Literature DB >> 27192616

Synthetic and Receptor Signaling Explorations of the Mitragyna Alkaloids: Mitragynine as an Atypical Molecular Framework for Opioid Receptor Modulators.

Andrew C Kruegel, Madalee M Gassaway, Abhijeet Kapoor1, András Váradi2, Susruta Majumdar2, Marta Filizola1, Jonathan A Javitch3, Dalibor Sames.   

Abstract

Mu-opioid receptor agonists represent mainstays of pain management. However, the therapeutic use of these agents is associated with serious side effects, including potentially lethal respiratory depression. Accordingly, there is a longstanding interest in the development of new opioid analgesics with improved therapeutic profiles. The alkaloids of the Southeast Asian plant Mitragyna speciosa, represented by the prototypical member mitragynine, are an unusual class of opioid receptor modulators with distinct pharmacological properties. Here we describe the first receptor-level functional characterization of mitragynine and related natural alkaloids at the human mu-, kappa-, and delta-opioid receptors. These results show that mitragynine and the oxidized analogue 7-hydroxymitragynine, are partial agonists of the human mu-opioid receptor and competitive antagonists at the kappa- and delta-opioid receptors.

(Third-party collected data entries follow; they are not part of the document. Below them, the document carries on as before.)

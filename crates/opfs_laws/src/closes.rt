//! What a close stores.

ghost use Rattle.opfs_laws.specs.Closes.{EachFileIsOneContent};

/// A closed writable is stored wholly or not at all. Each file that a front of the changes of a history leaves stored has the
/// bytes and the time stamp that it had at the opening, or is new and empty, with the time stamp of the change that made it, or
/// has all the bytes and the time stamp of one content among those changes. So it is for any list of changes.
pub fn a_close_is_stored_wholly_or_not_at_all()
    ensures { EachFileIsOneContent }
{}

We also show that mitragynine and 7-hydroxymitragynine are G-protein-biased agonists of the mu-opioid receptor, which do not recruit β-arrestin following receptor activation. Therefore, the Mitragyna alkaloid scaffold represents a novel framework for the development of functionally biased opioid modulators, which may exhibit improved therapeutic profiles. Also presented is an enantioselective total synthesis of both (-)-mitragynine and its unnatural enantiomer, (+)-mitragynine, employing a proline-catalyzed Mannich-Michael reaction sequence as the key transformation. Pharmacological evaluation of (+)-mitragynine revealed its much weaker opioid activity. Likewise, the intermediates and chemical transformations developed in the total synthesis allowed the elucidation of previously unexplored structure-activity relationships (SAR) within the Mitragyna scaffold. Molecular docking studies, in combination with the observed chemical SAR, suggest that Mitragyna alkaloids adopt a binding pose at the mu-opioid receptor that is distinct from that of classical opioids.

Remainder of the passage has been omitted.